• WORK TASK
The response must contain each line of the material that holds "stands".

• RECORDS FOR THIS TASK
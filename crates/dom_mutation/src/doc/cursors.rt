//! Iterators and walkers of each owner, by their numbers (DOM Standard, 6 Traversal).
ghost use Rattle.std.specs.Prelude.{◌≡◌, ◌↔◌, ◌⊎◌, length, true, is_some, slice_get, IfOk, IfErr, OnErr};
ghost use Rattle.std.specs.Option.{option_map, ForSome};
ghost use Rattle.dom_base.specs.declared.Refusal.TheVariants.{Limit};
ghost use Rattle.dom_model.specs.Command.{Command, own};
ghost use Rattle.dom_model.specs.Output.{nothing, a_node, an_iterator, a_walker, reference};
ghost use Rattle.dom_model.specs.Effects.{node_or_null};
ghost use Rattle.dom_model.specs.World.{part_of};
ghost use Rattle.dom_model.specs.CommandRefusals.{past_limit};
ghost use Rattle.dom_traversal.specs.Filters.{filter_of};
ghost use Rattle.dom_mutation.specs.Doc.{name_in, owner_in, Makes, HoldsNode};

use crate::Doc;
use crate::parts::Parts;
use dom_base::{Fault, Move, Owner};
use dom_traversal::Filter;
use node_arena::Key;

impl Doc {
    /// Whether an owner has an iterator of a number.
    pub fn has_iter(&self, owner: Owner, number: u32) -> bool
        ensures { result ≡ is_some (slice_get (part_of self.now.world owner).iterators number) }
    {
        let parts = &self.parts;
        parts.cursors.has_iter(owner, number)
    }

    /// Whether an owner has a walker of a number.
    pub fn has_walker(&self, owner: Owner, number: u32) -> bool
        ensures { result ≡ is_some (slice_get (part_of self.now.world owner).walkers number) }
    {
        let parts = &self.parts;
        parts.cursors.has_walker(owner, number)
    }

    /// Adds an iterator of an owner just before its root, and gives its number (DOM Standard, createNodeIterator). It is
    /// refused with `Limit` where the owner has a million iterators, and with `Memory` where memory is refused.
    pub fn iter_make(&mut self, owner: Owner, root: Key, filter: Filter) -> Result<u32, Fault>
        requires root_is_node { HoldsNode self.old root }
        requires own { owner_in self.old root ≡ owner }
        ensures names { self.new.names ≡ self.old.names }
        ensures world { IfOk result (λ number. Makes owner (Command.iterator_new (own (name_in self.old root).number) (filter_of filter))
            (an_iterator number) self.old.world self.new.world) }
        ensures limit { (result ≡ Err (Fault.Refused Limit)) ↔ (past_limit (length (part_of self.old.world owner).iterators) 1 ≡ true) }
        ensures other { IfErr result (λ fault. (fault ≡ Fault.Refused Limit) ⊎ (fault ≡ Fault.Memory)) }
        ensures err { OnErr result (self.new ≡ self.old) }
    {
        let parts = &mut self.parts;
        parts.trees.forest.law_nodes_stand_once();
        parts.cursors.add_iter(owner, root, filter)
    }

    /// Adds a walker of an owner at its root, and gives its number (DOM Standard, createTreeWalker). It is refused with
    /// `Limit` where the owner has a million walkers, and with `Memory` where memory is refused.
    pub fn walk_make(&mut self, owner: Owner, root: Key, filter: Filter) -> Result<u32, Fault>
        requires root_is_node { HoldsNode self.old root }
        requires own { owner_in self.old root ≡ owner }
        ensures names { self.new.names ≡ self.old.names }
        ensures world { IfOk result (λ number. Makes owner (Command.walker_new (own (name_in self.old root).number) (filter_of filter))
            (a_walker number) self.old.world self.new.world) }
        ensures limit { (result ≡ Err (Fault.Refused Limit)) ↔ (past_limit (length (part_of self.old.world owner).walkers) 1 ≡ true) }
        ensures other { IfErr result (λ fault. (fault ≡ Fault.Refused Limit) ⊎ (fault ≡ Fault.Memory)) }
        ensures err { OnErr result (self.new ≡ self.old) }
    {
        let parts = &mut self.parts;
        parts.cursors.add_walker(owner, root, filter)
    }

    /// Moves an iterator behind the next node that its filter accepts, and answers that node; where there is none, it
    /// stays (DOM Standard, nextNode).
    /// It asks that the owner has an iterator of this number: `has_iter` is the test.
    pub fn iter_next(&mut self, owner: Owner, number: u32) -> Option<Key>
        requires { is_some (slice_get (part_of self.old.world owner).iterators number) ≡ true }
        ensures names { self.new.names ≡ self.old.names }
        ensures node { ForSome result (HoldsNode self.old) }
        ensures world { Makes owner (Command.iterator_next number) (node_or_null (option_map (name_in self.old) result)) self.old.world self.new.world }
    {
        let parts = &mut self.parts;
        parts.cursors.iter_next(owner, &parts.trees.forest, number)
    }

    /// Moves an iterator before the node before it that its filter accepts, and answers that node; where there is none, it
    /// stays (DOM Standard, previousNode).
    /// It asks that the owner has an iterator of this number: `has_iter` is the test.
    pub fn iter_previous(&mut self, owner: Owner, number: u32) -> Option<Key>
        requires { is_some (slice_get (part_of self.old.world owner).iterators number) ≡ true }
        ensures names { self.new.names ≡ self.old.names }
        ensures node { ForSome result (HoldsNode self.old) }
        ensures world { Makes owner (Command.iterator_previous number) (node_or_null (option_map (name_in self.old) result)) self.old.world self.new.world }
    {
        let parts = &mut self.parts;
        parts
            .cursors
            .iter_previous(owner, &parts.trees.forest, number)
    }

    /// The reference of an iterator, and whether it stands before that one (DOM Standard, referenceNode and
    /// pointerBeforeReferenceNode).
    /// It asks that the owner has an iterator of this number: `has_iter` is the test.
    pub fn iter_at(&self, owner: Owner, number: u32) -> (Key, bool)
        requires { is_some (slice_get (part_of self.now.world owner).iterators number) ≡ true }
        ensures node { HoldsNode self.now result.0 }
        ensures value { Makes owner (Command.iterator_at number) (reference (name_in self.now result.0) result.1) self.now.world self.now.world }
    {
        let parts = &self.parts;
        parts.cursors.iter_at(owner, number)
    }

    /// Moves a walker, and answers its new current node; where there is no node to move to, it stays (DOM Standard,
    /// interface TreeWalker).
    /// It asks that the owner has a walker of this number: `has_walker` is the test.
    pub fn walk(&mut self, owner: Owner, number: u32, step: Move) -> Option<Key>
        requires { is_some (slice_get (part_of self.old.world owner).walkers number) ≡ true }
        ensures names { self.new.names ≡ self.old.names }
        ensures node { ForSome result (HoldsNode self.old) }
        ensures world { Makes owner (Command.walk number step) (node_or_null (option_map (name_in self.old) result)) self.old.world self.new.world }
    {
        remember_root(&mut self.parts, owner, number);
        let parts = &mut self.parts;
        parts.cursors.walk(owner, &parts.trees.forest, number, step)
    }

    /// The current node of a walker (DOM Standard, currentNode).
    /// It asks that the owner has a walker of this number: `has_walker` is the test.
    pub fn walk_at(&self, owner: Owner, number: u32) -> Key
        requires { is_some (slice_get (part_of self.now.world owner).walkers number) ≡ true }
        ensures node { HoldsNode self.now result }
        ensures value { Makes owner (Command.walker_at number) (a_node (name_in self.now result)) self.now.world self.now.world }
    {
        let parts = &self.parts;
        parts.cursors.walker_at(owner, number)
    }

    /// Makes a node of its owner the current one of a walker (DOM Standard, currentNode).
    /// It asks that the owner has a walker of this number: `has_walker` is the test.
    pub fn walk_set(&mut self, owner: Owner, number: u32, current: Key)
        requires there { is_some (slice_get (part_of self.old.world owner).walkers number) ≡ true }
        requires current_is_node { HoldsNode self.old current }
        requires own { owner_in self.old current ≡ owner }
        ensures names { self.new.names ≡ self.old.names }
        ensures world { Makes owner (Command.walker_set number (own (name_in self.old current).number)) nothing self.old.world self.new.world }
    {
        let parts = &mut self.parts;
        parts.cursors.set_walker(owner, number, current);
    }
}

/// Has the forest remember that a walker's current node stands in the tree of its root: the move asks for this, and most moves
/// go to a node near by, from which the next one asks again (own rule). Nothing is changed that can be seen.
fn remember_root(parts: &mut Parts, owner: Owner, number: u32)
    requires { is_some (slice_get (part_of parts.old.world owner).walkers number) ≡ true }
    ensures { parts.new ≡ parts.old }
{
    let (root, current) = parts.cursors.walker_ends(owner, number);
    parts.trees.forest.remember_ancestor(root, current);
}
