//! Insertion (DOM Standard, concepts: ensure pre-insert validity, pre-insert, insert).
ghost use Rattle.std.specs.Prelude.{◌≡◌, false, OnOk, ◌↔◌, Some};
ghost use Rattle.std.specs.Option.{option_map, ForSome};
ghost use Rattle.dom_model.specs.Names.{name_eq};
ghost use Rattle.dom_model.specs.Tree.{kind_of, has_data, is_shadow};
ghost use Rattle.dom_model.specs.Changes.{pre_insert_plan, reference_child, insert_plan, observed};
ghost use Rattle.dom_base.specs.declared.Refusal.{Refusal as RefusalOf};
ghost use Rattle.dom_model.specs.Validity.{pre_insert_refusal};
ghost use Rattle.dom_tree.specs.Forest.{err_of};
ghost use Rattle.dom_mutation.specs.Doc.{made, planned, name_in, owner_in, trees_in, MayMove, IsChild, HoldsNode};

use crate::Doc;
use crate::inserting::{inserting, reference_child};
use crate::removing::SuppressObserversFlag;
use crate::settling::given_up;
use dom_base::{Fault, Refusal};
use node_arena::Key;
use std::alloc::AllocError;

impl Doc {
    /// The Standard's *pre-insert*: puts a node among the children of a parent, before the child given or last; of a fragment its
    /// children. It leaves its parent and gets the parent's node document. Refused with `Hierarchy` or `NotFound` as the Standard's tests
    /// say, in their order, with nothing changed. Where memory is refused, the document is given up: its keys name no nodes any more.
    pub fn insert(&mut self, parent: Key, node: Key, child: Option<Key>) -> Result<(), Fault>
        requires parent_is_node { HoldsNode self.old parent }
        requires node_is_node { HoldsNode self.old node }
        requires child_is_node { ForSome child (HoldsNode self.old) }
        requires node_owner { owner_in self.old node ≡ owner_in self.old parent }
        requires child_owner { ForSome child (λ c. owner_in self.old c ≡ owner_in self.old parent) }
        ensures names { OnOk result (self.new.names ≡ self.old.names) }
        ensures world { OnOk result (self.new.world ≡ made (owner_in self.old parent)
            (pre_insert_plan (name_in self.old node) (name_in self.old parent) (option_map (name_in self.old) child)) self.old.world) }

        // A refusal is the Standard's, and changes nothing; nothing else but memory stops an insertion.
        ensures refused { (r : RefusalOf) →
            (result ≡ Err (Fault.Refused r)) ↔
            (pre_insert_refusal (trees_in self.old parent) (name_in self.old parent) (name_in self.old node)
            (option_map (name_in self.old) child) ≡ Some r) }
        ensures unchanged { (r : RefusalOf) → result ≡ Err (Fault.Refused r) → self.new ≡ self.old }
    {
        // An `Option<Key>` that is passed on and used again is passed under a second name, since the first one counts as lent.
        let at = child;
        if let Err(refusal) = self.check_insert(parent, node, at) {
            return Err(Fault::Refused(refusal));
        }
        self.laws();
        let before = self.reference_child(parent, node, child);
        self.insert_unchecked(parent, node, before)?;
        Ok(())
    }

    /// The Standard's *insert*, which tests nothing: puts a node among the children of a parent, before a child of it or last; of a
    /// fragment its children. It leaves its parent and gets the parent's node document. Where memory is refused, the document is given
    /// up: its keys name no nodes any more.
    pub fn insert_unchecked(
        &mut self,
        parent: Key,
        node: Key,
        child: Option<Key>,
    ) -> Result<(), AllocError>
        requires parent_is_node { HoldsNode self.old parent }
        requires may_move { MayMove self.old parent child node }
        requires child_is_child { ForSome child (IsChild self.old parent) }
        requires open { has_data (kind_of (trees_in self.old parent) (name_in self.old parent)) ≡ false }
        requires no_shadow { is_shadow (kind_of (trees_in self.old node) (name_in self.old node)) ≡ false }
        ensures state { OnOk result (self.new ≡ planned (owner_in self.old parent)
            (insert_plan observed (name_in self.old node) (name_in self.old parent) (option_map (name_in self.old) child)) self.old) }
    {
        self.parts.laws();
        let how = SuppressObserversFlag::Observed;
        match inserting(&mut self.parts, how, node, parent, child) {
            Ok(()) => Ok(()),
            Err(error) => Err(given_up(&mut self.parts, error)),
        }
    }

    /// Tests whether a node may be put among the children of a parent, before the child given or last: `Hierarchy` or `NotFound`
    /// where not (DOM Standard, ensure pre-insert validity).
    pub fn check_insert(&self, parent: Key, node: Key, child: Option<Key>) -> Result<(), Refusal>
        requires parent_is_node { HoldsNode self.now parent }
        requires node_is_node { HoldsNode self.now node }
        requires child_is_node { ForSome child (HoldsNode self.now) }
        requires node_owner { owner_in self.now node ≡ owner_in self.now parent }
        requires child_owner { ForSome child (λ c. owner_in self.now c ≡ owner_in self.now parent) }
        ensures { err_of result ≡ pre_insert_refusal (trees_in self.now parent) (name_in self.now parent) (name_in self.now node)
            (option_map (name_in self.now) child) }
    {
        let parts = &self.parts;
        parts.trees.forest.check_insert(parent, node, child)
    }

    /// The Standard's *reference child*, before which a node is put: the child given, or the node's next sibling where that is the node
    /// itself (DOM Standard, pre-insert).
    pub fn reference_child(&self, parent: Key, node: Key, child: Option<Key>) -> Option<Key>
        requires parent_is_node { HoldsNode self.now parent }
        requires node_is_node { HoldsNode self.now node }
        requires child_is_child { ForSome child (IsChild self.now parent) }
        ensures value { option_map (name_in self.now) result ≡ reference_child (trees_in self.now parent) (name_in self.now node)
            (option_map (name_in self.now) child) }
        ensures child { ForSome result (IsChild self.now parent) }
        ensures apart { ForSome result (λ b. name_eq (name_in self.now node) (name_in self.now b) ≡ false) }
    {
        reference_child(&self.parts, parent, node, child)
    }
}
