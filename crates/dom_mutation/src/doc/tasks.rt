//! The microtasks (HTML Standard, concept: microtask queue), and the slots that a notification takes.
ghost use Rattle.std.specs.Prelude.{◌≡◌, ◌++◌, ◌∷◌, [], All, filter, map, IfOk, OnOk, OnErr};
ghost use Rattle.dom_model.specs.World.{micro_task};
ghost use Rattle.dom_model.specs.Turns.{is_owned_by, without_signals};
ghost use Rattle.dom_mutation.specs.Doc.{name_in, with_tasks, HoldsNode};

use crate::Doc;
use dom_base::Owner;
use dom_microtasks::Queue;
use node_arena::Key;
use std::alloc::AllocError;
use std::mem;

impl Doc {
    /// Queues a label of an owner behind all tasks (HTML Standard, queue a microtask). Where memory is refused, nothing
    /// changes.
    pub fn push_micro(&mut self, owner: Owner, label: Vec<u8>) -> Result<(), AllocError>
        ensures ok { OnOk result (self.new ≡ with_tasks (self.old.world.tasks ++ micro_task owner label.items ∷ []) self.old) }
        ensures err { OnErr result (self.new ≡ self.old) }
    {
        let parts = &mut self.parts;
        parts.trees.queue.push_micro(owner, label)
    }

    /// Takes all tasks out, for them to run (HTML Standard, perform a microtask checkpoint).
    pub fn take_tasks(&mut self) -> Queue
        ensures tasks { result ≡ self.old.world.tasks }
        ensures rest { self.new ≡ with_tasks [] self.old }
    {
        let parts = &mut self.parts;
        mem::replace(&mut parts.trees.queue, Queue::new(parts.alloc))
    }

    /// The slots of an owner that are signalled, in their order; then none of that owner is (DOM Standard, notify mutation
    /// observers: signal slots). Where memory is refused, nothing changes.
    pub fn take_signals(&mut self, owner: Owner) -> Result<Vec<Key>, AllocError>
        ensures keys { IfOk result (λ keys. map (name_in self.old) keys.items ≡ filter (is_owned_by owner) self.old.world.signalled) }
        ensures nodes { IfOk result (λ keys. All (HoldsNode self.old) keys.items) }
        ensures rest { OnOk result (self.new ≡ record self.old { world = without_signals self.old.world owner }) }
        ensures err { OnErr result (self.new ≡ self.old) }
    {
        let parts = &mut self.parts;
        let own = parts.trees.own_slots(parts.alloc, owner)?;
        parts.trees.signalled.forget(owner);
        Ok(own)
    }
}
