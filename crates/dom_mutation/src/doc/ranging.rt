//! Live ranges of each owner, by their numbers (DOM Standard, 5 Ranges).
ghost use Rattle.std.specs.Prelude.{◌≡◌, ◌↔◌, ◌⊎◌, length, true, is_some, IfOk, IfErr, OnOk, OnErr};
ghost use Rattle.dom_base.specs.declared.Refusal.{Refusal as RefusalOf};
ghost use Rattle.dom_base.specs.declared.Refusal.TheVariants.{Limit};
ghost use Rattle.dom_model.specs.Command.{Command, own};
ghost use Rattle.dom_model.specs.CommandRefusals.{past_limit, past_end};
ghost use Rattle.dom_model.specs.Names.{node_of};
ghost use Rattle.dom_model.specs.Output.{nothing, a_range, boundaries};
ghost use Rattle.dom_model.specs.Part.{range_at};
ghost use Rattle.dom_model.specs.Ranges.{at, from_to};
ghost use Rattle.dom_model.specs.Steps.{set_range};
ghost use Rattle.dom_model.specs.World.{part_of};
ghost use Rattle.dom_mutation.specs.Doc.{name_in, owner_in, stepped, Makes, HoldsNode};
ghost use Rattle.dom_mutation.specs.Ready.{MayStand};

use crate::Doc;
use dom_base::{Fault, Owner, Refusal};
use dom_ranges::Points;
use node_arena::Key;

impl Doc {
    /// Whether an owner has a live range of a number: it was made, and not dropped.
    pub fn has_range(&self, owner: Owner, number: u32) -> bool
        ensures { result ≡ is_some (range_at (part_of self.now.world owner) number) }
    {
        let parts = &self.parts;
        parts.ranges.points(owner, number).is_some()
    }

    /// Makes a live range of an owner with both ends at offset 0 of the owner's first node, and gives its number (DOM
    /// Standard, new Range()). It is refused with `Limit` where the owner has made a million ranges, dropped ones counted,
    /// and with `Memory` where memory is refused (own rules). It asks for that first node, which `Forest::find` gives, and `range_set_start`
    /// and `range_set_end` then take any node of the owner.
    pub fn range_make(&mut self, owner: Owner, first: Key) -> Result<u32, Fault>
        requires first_is_node { HoldsNode self.old first }
        requires is_first { name_in self.old first ≡ node_of owner 0 }
        ensures names { self.new.names ≡ self.old.names }
        ensures world { IfOk result (λ number. Makes owner Command.range_new (a_range number) self.old.world self.new.world) }
        ensures limit { (result ≡ Err (Fault.Refused Limit)) ↔ (past_limit (length (part_of self.old.world owner).ranges) 1 ≡ true) }
        ensures other { IfErr result (λ fault. (fault ≡ Fault.Refused Limit) ⊎ (fault ≡ Fault.Memory)) }
        ensures err { OnErr result (self.new ≡ self.old) }
    {
        self.laws();
        let parts = &mut self.parts;
        parts.ranges.make(owner, first)
    }

    /// Gives a live range another start, at an offset in a node of its owner; the end goes there too where it stands in
    /// another tree or would be before it (DOM Standard, setStart()). It is refused with `IndexSize` where the offset is past
    /// the node's length.
    /// It asks that the owner has a range of this number: `has_range` is the test.
    pub fn range_set_start(
        &mut self,
        owner: Owner,
        number: u32,
        node: Key,
        offset: usize,
    ) -> Result<(), Refusal>
        requires there { is_some (range_at (part_of self.old.world owner) number) ≡ true }
        requires node_is_node { HoldsNode self.old node }
        requires own { owner_in self.old node ≡ owner }
        ensures names { self.new.names ≡ self.old.names }
        ensures world { OnOk result (Makes owner (Command.range_start number (own (name_in self.old node).number) offset) nothing self.old.world
            self.new.world) }
        ensures refused { (result ≡ Err RefusalOf.IndexSize) ↔ (past_end (part_of self.old.world owner) (name_in self.old node) offset ≡ true) }
        ensures other { IfErr result (λ refusal. refusal ≡ RefusalOf.IndexSize) }
        ensures err { OnErr result (self.new ≡ self.old) }
    {
        self.laws();
        let parts = &mut self.parts;
        parts.trees.forest.law_nodes_stand_once();
        parts
            .ranges
            .set_start(owner, number, &parts.trees.forest, node, offset)
    }

    /// Gives a live range another end, at an offset in a node of its owner; the start goes there too where it stands in
    /// another tree or would be after it (DOM Standard, setEnd()). It is refused with `IndexSize` where the offset is past the
    /// node's length.
    /// It asks that the owner has a range of this number: `has_range` is the test.
    pub fn range_set_end(
        &mut self,
        owner: Owner,
        number: u32,
        node: Key,
        offset: usize,
    ) -> Result<(), Refusal>
        requires there { is_some (range_at (part_of self.old.world owner) number) ≡ true }
        requires node_is_node { HoldsNode self.old node }
        requires own { owner_in self.old node ≡ owner }
        ensures names { self.new.names ≡ self.old.names }
        ensures world { OnOk result (Makes owner (Command.range_end number (own (name_in self.old node).number) offset) nothing self.old.world self.new.world) }
        ensures refused { (result ≡ Err RefusalOf.IndexSize) ↔ (past_end (part_of self.old.world owner) (name_in self.old node) offset ≡ true) }
        ensures other { IfErr result (λ refusal. refusal ≡ RefusalOf.IndexSize) }
        ensures err { OnErr result (self.new ≡ self.old) }
    {
        self.laws();
        let parts = &mut self.parts;
        parts.trees.forest.law_nodes_stand_once();
        parts
            .ranges
            .set_end(owner, number, &parts.trees.forest, node, offset)
    }

    /// Sets both ends of a live range to its start, or to its end (DOM Standard, collapse()).
    /// It asks that the owner has a range of this number: `has_range` is the test.
    pub fn range_collapse(&mut self, owner: Owner, number: u32, to_start: bool)
        requires { is_some (range_at (part_of self.old.world owner) number) ≡ true }
        ensures names { self.new.names ≡ self.old.names }
        ensures world { Makes owner (Command.range_collapse number to_start) nothing self.old.world self.new.world }
    {
        self.laws();
        let parts = &mut self.parts;
        let _ = parts.ranges.collapse(owner, number, to_start);
    }

    /// Gives a live range both ends, at offsets in nodes of its owner, whichever comes first: the elementary step by which an
    /// operation on a range sets its ends (own rule).
    /// It asks that the owner has a range of this number: `has_range` is the test.
    pub fn range_put(&mut self, owner: Owner, number: u32, points: Points)
        requires there { is_some (range_at (part_of self.old.world owner) number) ≡ true }
        requires start_is_node { HoldsNode self.old points.start.0 }
        requires end_is_node { HoldsNode self.old points.end.0 }
        requires own_start { owner_in self.old points.start.0 ≡ owner }
        requires own_end { owner_in self.old points.end.0 ≡ owner }
        requires may_stand { MayStand (part_of self.old.world owner).trees
            (from_to (at (name_in self.old points.start.0) points.start.1) (at (name_in self.old points.end.0) points.end.1)) }
        ensures state { self.new ≡ stepped owner
            (set_range number (from_to (at (name_in self.old points.start.0) points.start.1) (at (name_in self.old points.end.0) points.end.1)))
            self.old }
    {
        self.laws();
        let parts = &mut self.parts;
        parts.ranges.write(owner, number, points);
    }

    /// Drops a live range, whose number is not given again (own rule).
    /// It asks that the owner has a range of this number: `has_range` is the test.
    pub fn range_remove(&mut self, owner: Owner, number: u32)
        requires { is_some (range_at (part_of self.old.world owner) number) ≡ true }
        ensures names { self.new.names ≡ self.old.names }
        ensures world { Makes owner (Command.range_drop number) nothing self.old.world self.new.world }
    {
        let parts = &mut self.parts;
        let _ = parts.ranges.remove(owner, number);
    }

    /// The ends of a live range, each a node of its owner and an offset (DOM Standard, interface AbstractRange).
    /// It asks that the owner has a range of this number: `has_range` is the test.
    pub fn range_points(&self, owner: Owner, number: u32) -> Points
        requires { is_some (range_at (part_of self.now.world owner) number) ≡ true }
        ensures start_is_node { HoldsNode self.now result.start.0 }
        ensures end_is_node { HoldsNode self.now result.end.0 }
        ensures own_start { owner_in self.now result.start.0 ≡ owner }
        ensures own_end { owner_in self.now result.end.0 ≡ owner }
        ensures value { Makes owner (Command.range_get number)
            (boundaries (at (name_in self.now result.start.0) result.start.1) (at (name_in self.now result.end.0) result.end.1)) self.now.world
            self.now.world }
    {
        let parts = &self.parts;
        let Some(points) = parts.ranges.points(owner, number) else {
            unreachable!()
        };
        points
    }
}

• ANSWER TO THIS EXERCISE
    /// The reference of an iterator, and whether it stands before that one (DOM Standard, referenceNode and
/// Has the forest remember that a walker's current node stands in the tree of its root: the move asks for this, and most moves
    /// Gives a live range another start, at an offset in a node of its owner; the end goes there too where it stands in
    /// Gives a live range another end, at an offset in a node of its owner; the start goes there too where it stands in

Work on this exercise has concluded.